- Education: Stanford University (PhD, 2007)
- Known for: AI Safety via Debate Early RLHF for large language models
- Awards: TIME100 AI list
- Scientific career
- Fields: Computer science, AI safety, reinforcement learning from human feedback
- Workplaces: Google Brain OpenAI Google DeepMind UK AI Safety Institute Resolution
- Thesis: Methods for the Physically Based Simulation of Solids and Fluids (2007)

= Geoffrey Irving =

Artificial intelligence safety researcher

Geoffrey Irving is a computer scientist and AI safety researcher. His work includes research on scalable oversight, AI safety via debate, and early applications of reinforcement learning from human feedback (RLHF) to large language models. He has worked at OpenAI, Google DeepMind, and the United Kingdom's AI Safety Institute, and has been featured on the TIME100 AI list.

== Education and career ==
Irving received a PhD in computer science from Stanford University in 2007. His dissertation was titled Methods for the Physically Based Simulation of Solids and Fluids.

He has worked at Google Brain, OpenAI, and Google DeepMind. At DeepMind, he led the Scalable Alignment Team. In 2024, he joined the United Kingdom's AI Safety Institute, where he served as a research director and later as chief scientist.

In 2026, Irving became a co-founder and chief scientist of Resolution, an artificial intelligence alignment research organization.

== Research ==
Irving's work on scalable oversight includes AI Safety via Debate, a 2018 paper with Paul Christiano and Dario Amodei. The paper proposed using debates between AI systems to help a human judge evaluate answers to difficult questions. The debate approach has been discussed as a method for improving the honesty and oversight of advanced AI systems.

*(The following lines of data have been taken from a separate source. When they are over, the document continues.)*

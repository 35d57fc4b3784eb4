// Answers the lines of standard input, one answer a line.
#![tactic(auto)]

use lines::answer_lines;
use rehearsal::state::Rehearsal;
use std::io;
use std::io::BufReader;

fn main(rt: HostRuntime) -> io::Result<()> {
    answer_lines::<Rehearsal, _, _>(
        rt.alloc(),
        &mut BufReader::new(rt.alloc(), rt.stdin())?,
        &mut rt.stdout(),
    )
}
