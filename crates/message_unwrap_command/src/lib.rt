// The card unwraps a command (SP 800-73-4 Part 2, 4.2.2 to 4.2.4): the MAC is checked before anything is decrypted, the padding before anything is
// written. checks.rt gives refusals 1 to 5, field_read finds 7 and 8, and message_verify, which open.rt calls, gives 6, 9 and 10.
// It is no generic function with message_unwrap_response: the reason stands there.
#![tactic(auto)]

mod checks;
mod open;

ghost use Rattle.std.specs.Prelude.{◌≡◌, ◌<◌, length};
ghost use Rattle.message_answer.specs.Message.{command_limit};
ghost use Rattle.message_answer.specs.Answer.{concluded, buffer};
ghost use Rattle.message_result.specs.Results.{command_result};
ghost use Rattle.message_unwrap_command.specs.UnwrapCommand.{unwrap_command, read_command, payload_of};

use apdu::Header;
use checks::unwrap_command_checks;
use field_read::{FieldError, read_field};
use message_permission::command_wanted;
use message_result::{AcceptedCommand, refused};
use open::open_objects;
use refusal::{Answered, Refusal};
use session::Session;

// Reads a command that passed its tests: refusals 7 and 8, then those of open_objects. The count's bound stands in the contract of each step: as a
// type it would be made and taken apart at each call.
fn read_command(
    session: Session,
    header: Header,
    field: &[u8],
    out: &mut [u8],
) -> Answered<AcceptedCommand, Session>
    requires { session.count < command_limit }
    ensures result { result ≡ command_result (concluded session (read_command session header
        field.now (length out.old))) }
    ensures output { out.new ≡ buffer payload_of out.old (concluded session
        (read_command session header field.now (length out.old))).answer }
{
    match read_field(command_wanted(header.ins), field) {
        Ok(objects) => open_objects(session, header, field, objects, out),
        Err(FieldError::Malformed(_)) => refused(session, Refusal::Malformed),
        Err(FieldError::Missing(_, _)) => refused(session, Refusal::MissingObject),
    }
}

// The data of a field, in the caller's buffer, and whether Le is present: refusals 1, 2, 3, 4, 5, then 7 or 8, 6, 9 and 10.
pub fn unwrap_command(
    session: Session,
    header: Header,
    field: &[u8],
    out: &mut [u8],
) -> Answered<AcceptedCommand, Session>
    ensures result { result ≡ command_result (unwrap_command session header
        field.now (length out.old)) }
    ensures output { out.new ≡ buffer payload_of out.old
        (unwrap_command session header field.now (length out.old)).answer }
{
    match unwrap_command_checks(session, header.ins, field.len()) {
        Ok(()) => read_command(session, header, field, out),
        Err(refusal) => refused(session, refusal),
    }
}
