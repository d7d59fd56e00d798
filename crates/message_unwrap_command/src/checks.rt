// The tests of unwrapping a command, in the order of rule 2.5.
ghost use Rattle.std.specs.Prelude.{◌≡◌};
ghost use Rattle.message_result.specs.Results.{checked};
ghost use Rattle.message_protocol.specs.Command.{unwrap_command_checks};

use message_answer::MAX_COMMAND_FIELD;
use message_permission::ins_permitted;
use refusal::Refusal;
use session::{Phase, Session, Side};
use session_rules::{is_open, valid};
use session_turn::is_turn;

// Tests an unwrap of a field of n bytes.
pub fn unwrap_command_checks(session: Session, ins: u8, n: usize) -> Result<(), Refusal>
    ensures { result ≡ checked (unwrap_command_checks session ins n) }
{
    if !is_open(session.phase) || !valid(session) {
        return Err(Refusal::SessionClosed);
    }
    if !is_turn(Side::Card, Phase::Ready, session.side, session.phase) {
        return Err(Refusal::OutOfTurn);
    }
    if !ins_permitted(ins) {
        return Err(Refusal::NotPermitted);
    }
    if n > MAX_COMMAND_FIELD {
        return Err(Refusal::TooLong);
    }
    if session.count >= Session::COMMAND_LIMIT {
        return Err(Refusal::CommandLimit);
    }
    Ok(())
}
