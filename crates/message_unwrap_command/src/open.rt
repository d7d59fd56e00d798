// A command whose field was read: its MAC, its text, and the next session (SP 800-73-4 Part 2, 4.2.2 to 4.2.4).
ghost use Rattle.std.specs.Prelude.{◌≡◌, ◌<◌, length};
ghost use Rattle.field_laws.specs.Written.{Conforms};
ghost use Rattle.message_answer.specs.Message.{command_limit};
ghost use Rattle.message_permission.specs.Permission.{command_wanted};
ghost use Rattle.message_answer.specs.Answer.{concluded, buffer};
ghost use Rattle.message_result.specs.Results.{command_result};
ghost use Rattle.message_verify.specs.VerifiedText.{received, WellSized};
ghost use Rattle.message_unwrap_command.specs.UnwrapCommand.{open_command, open_objects, payload_of};

use apdu::Header;
use field_read::Objects;
use message_counter::command_counter;
use message_key::SessionKey;
use message_mac::command_mac;
use message_result::{AcceptedCommand, refused};
use message_verify::verified_text;
use refusal::Answered;
use session::Session;
use session_turn::command_taken;

// Opens a command by the full MAC that was computed, the eight bytes and the ciphertext that were received: refusals 6, 9 and 10. The full MAC becomes
// the next command chaining value, all 16 bytes of it.
fn open_command(
    session: Session,
    le: bool,
    full: [u8; 16],
    mac: &[u8],
    ciphertext: &[u8],
    out: &mut [u8],
) -> Answered<AcceptedCommand, Session>
    requires { (session.count < command_limit) × WellSized (received mac.now ciphertext.now) }
    ensures result { result ≡ command_result (concluded session (open_command session le full
        (received mac.now ciphertext.now) (length out.old))) }
    ensures output { out.new ≡ buffer payload_of out.old (concluded session
        (open_command session le full (received mac.now ciphertext.now)
        (length out.old))).answer }
{
    let Session { suite, sk_enc, .. } = session;
    let key = SessionKey {
        suite,
        bytes: sk_enc,
    };
    let counter = command_counter(session.count + 1);
    match verified_text(key, counter, full, mac, ciphertext, out) {
        Ok(len) => Answered {
            answer: Ok(AcceptedCommand { len, le }),
            next: command_taken(session, full),
        },
        Err(refusal) => refused(session, refusal),
    }
}

// Opens a field whose objects are these: its MAC covers the bytes before '8E'.
pub fn open_objects(
    session: Session,
    header: Header,
    field: &[u8],
    objects: Objects,
    out: &mut [u8],
) -> Answered<AcceptedCommand, Session>
    requires { (session.count < command_limit) × Conforms (command_wanted header.ins) field.now objects }
    ensures result { result ≡ command_result (concluded session (open_objects session header
        field.now (length out.old) objects)) }
    ensures output { out.new ≡ buffer payload_of out.old (concluded session
        (open_objects session header field.now (length out.old) objects)).answer }
{
    let Session { suite, sk_mac, .. } = session;
    let key = SessionKey {
        suite,
        bytes: sk_mac,
    };
    let full = command_mac(
        key,
        session.command_mcv,
        header,
        &field[..objects.mac_start],
    );
    let mac = &field[objects.mac..objects.mac + 8];
    let ciphertext = &field[objects.ciphertext..objects.ciphertext + objects.ciphertext_len];
    open_command(session, objects.second, full, mac, ciphertext, out)
}
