/// A text of a form.
fn example(form: Form) -> &'static str {
    match form {
        Form::Day => "2026-01-15",
        Form::Cycle => "P6ML1",
        Form::Period => "P2D",
        Form::Currency => "EUR",
        Form::Contract => "LOAN-8",
        Form::Name => "EURIBOR12M",
        Form::Scaling => "INO",
        Form::Choice(choices) => choices.words.first().copied().unwrap_or(""),
        Form::Decimal | Form::Structure => "",
    }
}

/// Says why a text is no date, and what was wanted.
fn say_why_no_day(message: &mut Message, text: &[u8]) {
    match parse_day(text) {
        Err(DateFault::TimeOfDay) => {
            message.say(
                " has a time of day; a date is written 2026-01-15, or with T00:00:00 behind it",
            );
        }
        Err(DateFault::DateRange) => {
            message.say(" is too early or too late; dates go from 1900-01-01 to 2299-12-31");
        }
        _ => {
            say_why_not_civil(message, text);
            message.say("; ");
            say_wanted(message, Form::Day);
        }
    }
}

/// Says why a text is no date of the calendar.
fn say_why_not_civil(message: &mut Message, text: &[u8]) {
    match text {
        [_, _, _, _, b'-', m1, m2, b'-', d1, d2] if are_digits(&[*m1, *m2, *d1, *d2]) => {
            if is_month(*m1, *m2) {
                message.say(" isn't in the calendar");
            } else {
                message.say(" has the month ");
                message.show(&[*m1, *m2]);
            }
        }
        _ => message.say(" is no date"),
    }
}

/// Whether bytes are digits.
fn are_digits(bytes: &[u8]) -> bool {
    bytes.iter().all(|byte| byte.is_ascii_digit())
}

/// Whether two digits are those of a month.
fn is_month(first: u8, second: u8) -> bool {
    matches!((first, second), (b'0', b'1'..=b'9') | (b'1', b'0'..=b'2'))
}
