//! The profile as definitions: what every kind's schedule, state, step and run is.
#![tactic(auto)]
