ghost use Rattle.std.specs.Prelude.{◌≡◌, ◌<◌};
ghost use Rattle.vl_drill.specs.Generator.{drawn, following};

const MULTIPLIER: u64 = 6364136223846793005;

const INCREMENT: u64 = 1442695040888963407;

/// A linear congruential generator on 64 bits.
#[derive(Clone, Copy, Debug)]
pub struct Generator {
    pub state: u64,
}

impl Generator {
    // The state goes on; its upper 31 bits give the number.
    pub fn draw(&mut self, below: u64) -> u64
        requires { 0 < below }
        ensures state { self.new.state ≡ following self.old.state }
        ensures number { result ≡ drawn below self.old.state }
        ensures within { result < below }
    {
        self.state = self.state.wrapping_mul(MULTIPLIER).wrapping_add(INCREMENT);
        (self.state >> 33) % below
    }
}
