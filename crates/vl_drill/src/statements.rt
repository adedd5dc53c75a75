ghost use Rattle.std.specs.Prelude.{◌≡◌, ◌+◌, ◌*◌, ◌^◌, ◌<◌, IfOk, codes};
ghost use Rattle.vl_drill.specs.Statements.{asked, count, delete, id_drawn, insert, is, of_kind, t1, u_drawn, update, with_both, with_id, with_u};

use crate::generator::Generator;
use std::alloc::{AllocError, Global};
use vl_sql::assignment::Assignment;
use vl_sql::sequence::Sequence;
use vl_sql::stmt::Stmt;
use vl_sql::table::TableName;
use vl_sql::test::Test;
use vl_sql::what::What;
use vl_values::bytes::Bytes;
use vl_values::row::Row;
use vl_values::value::Value;

fn t1_name(alloc: Global) -> Result<TableName, AllocError>
    ensures { IfOk result (λ name. name ≡ t1) }
{
    let name = Bytes::from_slice(alloc, b"t1")?;
    Ok(TableName {
        keyspace: None,
        name,
    })
}

fn is_number(alloc: Global, column: &[u8], n: u64) -> Result<Sequence<Test>, AllocError>
    ensures { IfOk result (λ tests. tests ≡ is column.now n) }
{
    let column = Bytes::from_slice(alloc, column)?;
    let tests = vec![in alloc; Test::Equals(column, Value::Uint(n))]?;
    Ok(Sequence::from_vec(tests))
}

fn insert_of(alloc: Global, id: u64, u: u64) -> Result<Stmt, AllocError>
    ensures { IfOk result (λ stmt. stmt ≡ insert id u) }
{
    let table = t1_name(alloc)?;
    let id_name = Bytes::from_slice(alloc, b"id")?;
    let u_name = Bytes::from_slice(alloc, b"u")?;
    let columns = vec![in alloc; id_name, u_name]?;
    let values = vec![in alloc; Value::Uint(id), Value::Uint(u)]?;
    let rows = vec![in alloc; Row::from_vec(values)]?;
    Ok(Stmt::Insert {
        table,
        columns: Sequence::from_vec(columns),
        rows: Sequence::from_vec(rows),
    })
}

fn delete_of(alloc: Global, id: u64) -> Result<Stmt, AllocError>
    ensures { IfOk result (λ stmt. stmt ≡ delete id) }
{
    let table = t1_name(alloc)?;
    let tests = is_number(alloc, b"id", id)?;
    Ok(Stmt::Delete { table, tests })
}

fn update_of(alloc: Global, id: u64, u: u64) -> Result<Stmt, AllocError>
    ensures { IfOk result (λ stmt. stmt ≡ update id u) }
{
    let table = t1_name(alloc)?;
    let column = Bytes::from_slice(alloc, b"u")?;
    let assignment = Assignment {
        column,
        value: Value::Uint(u),
    };
    let assignments = vec![in alloc; assignment]?;
    let tests = is_number(alloc, b"id", id)?;
    Ok(Stmt::Update {
        table,
        assignments: Sequence::from_vec(assignments),
        tests,
    })
}

fn count_of(alloc: Global, u: u64) -> Result<Stmt, AllocError>
    ensures { IfOk result (λ stmt. stmt ≡ count u) }
{
    let table = t1_name(alloc)?;
    let tests = is_number(alloc, b"u", u)?;
    Ok(Stmt::Select {
        what: What::Count,
        table,
        tests,
        orders: Sequence::from_vec(Vec::new(alloc)),
        limit: None,
        for_update: false,
    })
}

// An id on one of the two shards.
fn draw_id(generator: &mut Generator) -> u64
    ensures { (result, generator.new.state) ≡ id_drawn generator.old.state }
{
    let half = generator.draw(2);
    let rest = generator.draw(1000);
    half * 0x8000_0000_0000_0000 + rest
}

fn draw_u(generator: &mut Generator) -> u64
    ensures { (result, generator.new.state) ≡ u_drawn generator.old.state }
{
    generator.draw(1000)
}

fn inserting(alloc: Global, generator: &mut Generator) -> Result<Stmt, AllocError>
    ensures { IfOk result (λ stmt. (stmt, generator.new.state) ≡ with_both insert generator.old.state) }
{
    let id = draw_id(generator);
    let u = draw_u(generator);
    insert_of(alloc, id, u)
}

fn updating(alloc: Global, generator: &mut Generator) -> Result<Stmt, AllocError>
    ensures { IfOk result (λ stmt. (stmt, generator.new.state) ≡ with_both update generator.old.state) }
{
    let id = draw_id(generator);
    let u = draw_u(generator);
    update_of(alloc, id, u)
}

fn deleting(alloc: Global, generator: &mut Generator) -> Result<Stmt, AllocError>
    ensures { IfOk result (λ stmt. (stmt, generator.new.state) ≡ with_id delete generator.old.state) }
{
    let id = draw_id(generator);
    delete_of(alloc, id)
}

fn counting(alloc: Global, generator: &mut Generator) -> Result<Stmt, AllocError>
    ensures { IfOk result (λ stmt. (stmt, generator.new.state) ≡ with_u count generator.old.state) }
{
    let u = draw_u(generator);
    count_of(alloc, u)
}

fn draw_of_kind(
    alloc: Global,
    kind: u64,
    has_tx: bool,
    generator: &mut Generator,
) -> Result<Stmt, AllocError>
    ensures { IfOk result (λ stmt. (stmt, generator.new.state) ≡ of_kind kind has_tx generator.old.state) }
{
    match kind {
        0..=4 => inserting(alloc, generator),
        5 | 6 => deleting(alloc, generator),
        7 => updating(alloc, generator),
        8 => counting(alloc, generator),
        _ if has_tx => Ok(Stmt::Commit),
        _ => Ok(Stmt::Begin),
    }
}

/// The next statement of a session with no statement in progress; `has_tx` tells whether it has an open transaction.
pub fn draw_statement(
    alloc: Global,
    has_tx: bool,
    generator: &mut Generator,
) -> Result<Stmt, AllocError>
    ensures { IfOk result (λ stmt. (stmt, generator.new.state) ≡ asked has_tx generator.old.state) }
{
    let kind = generator.draw(10);
    draw_of_kind(alloc, kind, has_tx, generator)
}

Irving was also a coauthor of Fine-Tuning Language Models from Human Preferences, a 2019 OpenAI paper that applied human-preference reward modeling to pretrained language models. The paper was an early contribution to reinforcement learning from human feedback (RLHF) for large language models.

With philosopher Amanda Askell, Irving wrote a 2019 article in Distill arguing that AI safety research should make greater use of empirical social science.